No, you cannot submit an array to the LIKE operator. It is more tedious than that. :-)
When your data are not yet properly regularized, so that you have variants of the manufacturer name in the PRODUCTS table (e.g. "HP", "Hewlett Packard") rather than an integer ManufacturerID, you have to go through the grunt work of reducing those variants to a single entity.
A typical approach for doing that (quite unavoidable) work is to create a Manufacturers table like this:
Table: MANUFACTURER
manufacturerid INTEGER primary key
manufacturername varchar
primarymanufacturerid INTEGER FOREIGN KEY REFERENCES MANUFACTURER(manufacturerid)
The last column allows you to associate a variant name (e.g. "HP") with the row where the main manufacturer record is stored (e.g. "Hewlett Packard").
124, Hewlett Packard, 124
367, HP, 124
The row where primarymanufacturerid = manufacturerid is the the main entity.
Then you could do this during an interim cleanup phase when you have not yet added a manufacturerid to the PRODUCTS table but it still has the name:
select * from products
where manufacturer in
(
select manufacturername from manufacturer
where primarymanufacturerid =
(
select primarymanufacturerid from manufacturer
where manufacturername = 'Hewlett Packard'
)
)
P.S. With a database engine that had support for functions and stored procedures, you could write your own function that accepted a delimited string of name variations, built a dynamic SQL statement, possibly using a temporary table to store the variant names one name per row, and returned a count of the matches.
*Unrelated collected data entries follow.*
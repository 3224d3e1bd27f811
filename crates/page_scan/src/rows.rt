// The rows of a line, and the lines of a page.
ghost use Rattle.std.specs.Prelude.{◌≡◌, ◌/◌, ◌≤◌, min};
ghost use Rattle.page_blocks.specs.Scans.{value_rows, line_rows};

use page_words::{LineContent, Value};

fn value_rows(value: Value) -> usize
    ensures value { result ≡ value_rows value }
    ensures upper_bound { result ≤ 3 }
{
    match value {
        Value::Single(_) => 1,
        Value::Element(_, _) => 2,
        Value::Minus(_) => 2,
        Value::Binary(_, _, _) => 3,
        Value::Call(_) => 1,
    }
}

// The rows that a line has, without those of the blocks between its statement's lines.
pub fn rows_of(line: LineContent) -> usize
    ensures value { result ≡ line_rows line }
    ensures upper_bound { result ≤ 6 }
{
    match line {
        LineContent::Empty => 1,
        LineContent::Abort => 1,
        LineContent::Goto(_) => 1,
        LineContent::Label(_) => 1,
        LineContent::Store(_, value) => 3 + value_rows(value),
        LineContent::Put(_, _, _) => 5,
        LineContent::Opens => 1,
        LineContent::While(_) => 3,
        LineContent::If(_) => 3,
        LineContent::Turns => 1,
        LineContent::Closes => 0,
        LineContent::Return(_) => 2,
        LineContent::OpensCall(_, _) => 4,
        LineContent::Argument(_) => 2,
        LineContent::LastArgument(_) => 2,
        LineContent::OpensFunction(_) => 2,
        LineContent::OpensParameters(_) => 1,
        LineContent::Parameter(_) => 1,
        LineContent::LastParameter(_) => 2,
    }
}

// The whole lines of a page of so many bytes, as many of them as a page can have.
pub fn line_count(bytes: usize) -> usize
    ensures { result ≡ min (bytes / 81) 81958 }
{
    let lines = bytes / 81;
    if lines < 81958 {
        return lines;
    }
    81958
}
This would be a resource-intensive approach recommended only to assist in the clean-up phase -- not something I'd put into production for end-users to consume as their daily bread.
P.P.S. And, of course, once you have your MANUFACTURER table properly created, with the primarymanufacturerid references completed, you could add a [manufacturerid] column to your PRODUCTS table and update it accordingly, and then dispense with all of this roundabout stuff.